# my pulsar gtir



## akchang (Aug 18, 2004)

i almost forgot about this forum. i first checked it out when i got into nissans before i bought my gtir. just thought i would share a couple pics with you guys. this car took a lot of work and time (still not completely done) but its one of a very small few here in the US.


----------



## thestunts200sx (Jul 11, 2005)

looks cool, I like the grill alot.

Got any engine pics ??


----------



## T200Sx (Jan 17, 2005)

how much did that cost you?


----------



## pimpride (Mar 28, 2005)

Is insurance through the roof on that thing?


----------



## akchang (Aug 18, 2004)

heres an engine pic before the turbo install. and the forced performance BIG T28 that went in it.





































i havent taken any recent pics of the car but it is up and running now.

i now have almost 10 Gs invested total and 2000 of that was shipping up here to alaska.

insurance is cheap. it gets insured at the same price as the closest american model. an nx2000. i could go with a pricier collectors car insurance that would cover the true value but i am a college student and cant really afford it. 

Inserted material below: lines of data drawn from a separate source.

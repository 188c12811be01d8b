// How a cover is asked and written.
ghost use Rattle.std.specs.Prelude.{◌≡◌, ℕ, ◌*◌, ◌-◌, ◌^◌, ◌<◌, ◌||◌, ◌==◌, nat_lt, if◌then◌else◌, true, Some, is_ok, IfOk, MatchResult, refl, None, vec_len, ◌+◌, ◌≤◌, ◌⊎◌, slice_index};
ghost use Rattle.std.specs.Option.{ok_or};
ghost use Rattle.device.specs.declared.error.DeviceError.TheVariants.{NoSpare};
ghost use Rattle.cover.specs.Entries.{entry_of, unmarked};
ghost use Rattle.cover.specs.Meaning.{entries, contents, covers};

use crate::Cover;
use crate::blocks::copy_padded;
use device::{Device, DeviceError};
use layout::SegmentSize;

impl<'a> Cover<'a> {
    // The entry of a block. Where no entry names it, the first unmarked one gets it, and its bytes.
    fn cover_block(&mut self, block: u64) -> Result<usize, DeviceError>
        requires { block * self.old.geometry.block_size < 2 ^ 64 }
        ensures variant { is_ok result ≡ (covers self.old block || nat_lt 0 (unmarked (entries self.old))) }
        ensures reply { MatchResult result
            (λ i. entry_of (entries self.new) (Some block) ≡ Some i)
            (λ e. (e ≡ NoSpare) × (self.new ≡ self.old)) }
        ensures taken { result ≡ ok_or (if covers self.old block
            then entry_of (entries self.old) (Some block)
            else entry_of (entries self.old) None) NoSpare }
        ensures room { vec_len self.new.buf ≡ vec_len self.old.buf }
        ensures others { IfOk result (λ i. (k : ℕ)
            → (k < i * self.old.geometry.block_size) ⊎ (i * self.old.geometry.block_size + self.old.geometry.block_size ≤ k)
            → slice_index self.new.buf.items k ≡ slice_index self.old.buf.items k) }
        ensures bytes { contents self.new ≡ contents self.old }
        ensures same { (self.new.geometry ≡ self.old.geometry) × (self.new.len ≡ self.old.len) }
        ensures covered { IfOk result (λ _. (b : ℕ) → covers self.new b ≡ (covers self.old b || b == block)) }
        ensures spare { IfOk result (λ _. unmarked (entries self.new) ≡
            (if covers self.old block then unmarked (entries self.old) else unmarked (entries self.old) - 1)) }
    {
        if let Some(i) = self.table.find(Some(block)) {
            return Ok(i);
        }
        let i = self.table.find(None).ok_or(DeviceError::NoSpare)?;
        let size = self.geometry.block_size().bytes() as usize;
        let start = i * size;
        copy_padded(
            &mut self.buf.as_mut_slice()[start..start + size],
            self.medium,
            block as usize * size,
        );
        self.table.mark(i, block);
        Ok(i)
    }
}

impl<'a> Device for Cover<'a> {
    ghost capacity = { λ c. c.geometry.capacity };

    ghost block_size = { λ c. c.geometry.block_size };

    ghost loose = { covers };

    ghost spare = { λ c. unmarked (entries c) };

    fn len(&self) -> u64 {
        self.len
    }

    fn capacity(&self) -> u64 {
        self.geometry.capacity()
    }

    fn block_size(&self) -> SegmentSize {
        self.geometry.block_size()
    }

    fn is_loose(&self, block: u64) -> bool {
        self.table.find(Some(block)).is_some()
    }

    fn spare(&self) -> u64 {
        self.table.unmarked() as u64
    }

    fn write(&mut self, src: &[u8], at: u64) -> Result<(), DeviceError> {
        if src.is_empty() {
            return Ok(());
        }
        let n = src.len() as u64;
        if !self.geometry.fits(at, n) {
            return Err(DeviceError::Outside);
        }
        let size = self.geometry.block_size().bytes();
        let i = self.cover_block(at / size)?;
        let start = i * size as usize + (at % size) as usize;
        self.buf.as_mut_slice()[start..start + src.len()].copy_from_slice(src);
        self.len = self.len.max(at + n);
        Ok(())
    }

    ghost base = { λ _. refl };
}
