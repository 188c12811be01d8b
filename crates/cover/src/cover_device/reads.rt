// How a cover is read.
ghost use Rattle.std.specs.Prelude.{◌≡◌, ℕ, ◌+◌, ◌-◌, ◌*◌, ◌^◌, ◌<◌, ◌≤◌, length, slice_index, MatchResult};
ghost use Rattle.device.specs.Reads.{part};
ghost use Rattle.device.specs.declared.error.DeviceError.TheVariants.{Outside};
ghost use Rattle.cover.specs.Meaning.{entries, contents, byte_at};
ghost use Rattle.cover.specs.Shown.{block_bytes};

use crate::Cover;
use crate::blocks::{copy_padded, span};
use device::{DeviceError, ReadAt};

impl<'a> Cover<'a> {
    // The bytes of a block: a part of the cover where an entry names it, otherwise what the medium has of it.
    fn block_bytes(&self, block: u64) -> &[u8]
        requires { block * self.now.geometry.block_size < 2 ^ 64 }
        ensures { result.now ≡ block_bytes self.now.geometry.block_size (entries self.now) self.now.buf.items self.now.medium.now block }
    {
        let size = self.geometry.block_size().bytes() as usize;
        match self.table.find(Some(block)) {
            Some(i) => span(self.buf.as_slice(), i * size, size),
            None => span(self.medium, block as usize * size, size),
        }
    }

    // Copies the bytes from `at` on into the front of `dst`, as far as their block goes, and replies how many those are.
    fn copy_piece(&self, dst: &mut [u8], at: u64) -> usize
        requires some { 0 < length dst.old }
        ensures count { (0 < result) × (result ≤ length dst.old) }
        ensures front { (k : ℕ) → k < result → slice_index dst.new k ≡ byte_at self.now (at + k) }
    {
        let size = self.geometry.block_size().bytes();
        let from = (at % size) as usize;
        let n = dst.len().min(size as usize - from);
        copy_padded(&mut dst[..n], self.block_bytes(at / size), from);
        n
    }

    fn copy_out(&self, dst: &mut [u8], at: u64)
        requires inside { at + length dst.old ≤ length (contents self.now) }
        requires places { at + length dst.old < 2 ^ 64 }
        ensures { dst.new ≡ part 0 (contents self.now) at (length dst.old) }
    {
        // The first piece ends with its block, so these are no `chunks_mut`.
        let mut done = 0;
        let end = dst.len();
        while done < end {
            done += self.copy_piece(&mut dst[done..], at + done as u64);
        }
    }

    // How many bytes there are from `at` on. Refused above the end.
    fn len_from(&self, at: u64) -> Result<u64, DeviceError>
        ensures { MatchResult result
            (λ n. (at + n ≡ length (contents self.now)) × (at + n < 2 ^ 64))
            (λ e. (length (contents self.now) < at) × (e ≡ Outside)) }
    {
        self.len.checked_sub(at).ok_or(DeviceError::Outside)
    }
}

impl<'a> ReadAt for Cover<'a> {
    ghost first = { λ _. 0 };

    ghost bytes = { contents };

    fn pread_exact(&self, dst: &mut [u8], at: u64) -> Result<(), DeviceError> {
        if dst.is_empty() {
            return Ok(());
        }
        if dst.len() as u64 > self.len_from(at)? {
            return Err(DeviceError::Outside);
        }
        self.copy_out(dst, at);
        Ok(())
    }

    fn pread_exact_or_eof(&self, dst: &mut [u8], at: u64) -> Result<usize, DeviceError> {
        let n = (dst.len() as u64).min(self.len_from(at)?) as usize;
        self.copy_out(&mut dst[..n], at);
        Ok(n)
    }
}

sorry about the pic sizes im still trying to figure em out


----------



## pimpride (Mar 28, 2005)

Damn... I thought it would have been classified as a rare car. You know, one that would tend to be stolen.


----------



## licklemanbklyn2g3 (Jan 15, 2004)

*nice*

nice pics. when will it hit da track


----------



## akchang (Aug 18, 2004)

if i can get a power steering hardline i will be autocrossing next sunday. if you know anyone with a b13 or b14 that is parting it out and has that part let me know. :thumbup:


----------



## akchang (Aug 18, 2004)

it is rare but i doubt it would get stolen here. its the only one in the state and no one would be able to get anywhere without being noticed. my insurance company doesnt have the vehicle on file since it never was released here in the US and the agent said the nearest model would be fine as far as the insurance goes. i was going to get it appraised but it costs $75 bucks. i dont know how they would be able to appraise it accurately anyway since it is so rare in this country. i dont even know if they would take that fact into account. im really not concerned anyways it is garage kept and i dont take it anywhere and leave it.


----------



## Spongerider (Nov 18, 2002)

*Nice!*

Very nice! Tell me the history as to how you got your hands on her?


----------



## pimpride (Mar 28, 2005)

If you ever want to sell that magnificent work of art I would be very interested.


----------



## af200sx/se-r (Dec 26, 2004)

Yes, please do tell the story. How much did it cost other then $2000 to get it shipped?


Spongerider said:


> Very nice! Tell me the history as to how you got your hands on her?


----------



## akchang (Aug 18, 2004)

i bought it from a guy in california who had an importing business. at that time i was madly looking around for one of these cars. he just happened to be moving his business to florida and this car had been sitting in his warehouse for about a year. he had to get rid of it. i swooped on the deal all quick like. the car was not in running condition when it made it to my hands and after a bit of work it was up and running. up here i put in even more work and now im getting a chance to drive it around. and man is it fun. lots of fun!


----------



## akchang (Aug 18, 2004)

oh yea $6700. a little steep but hey! its not like i had a lot to choose from.


----------



## Spongerider (Nov 18, 2002)

akchang said:


> oh yea $6700. a little steep but hey! its not like i had a lot to choose from.


Thanks! So how did you get it legalized?


----------



## celm (Dec 15, 2003)

its looking good ian,did you see pics with my new rally spotties installed?








:cheers:


----------



## thestunts200sx (Jul 11, 2005)

that is sweet !!!

I'm not to sure about the rally lights....but it fits the body so it gets a :thumbup:


----------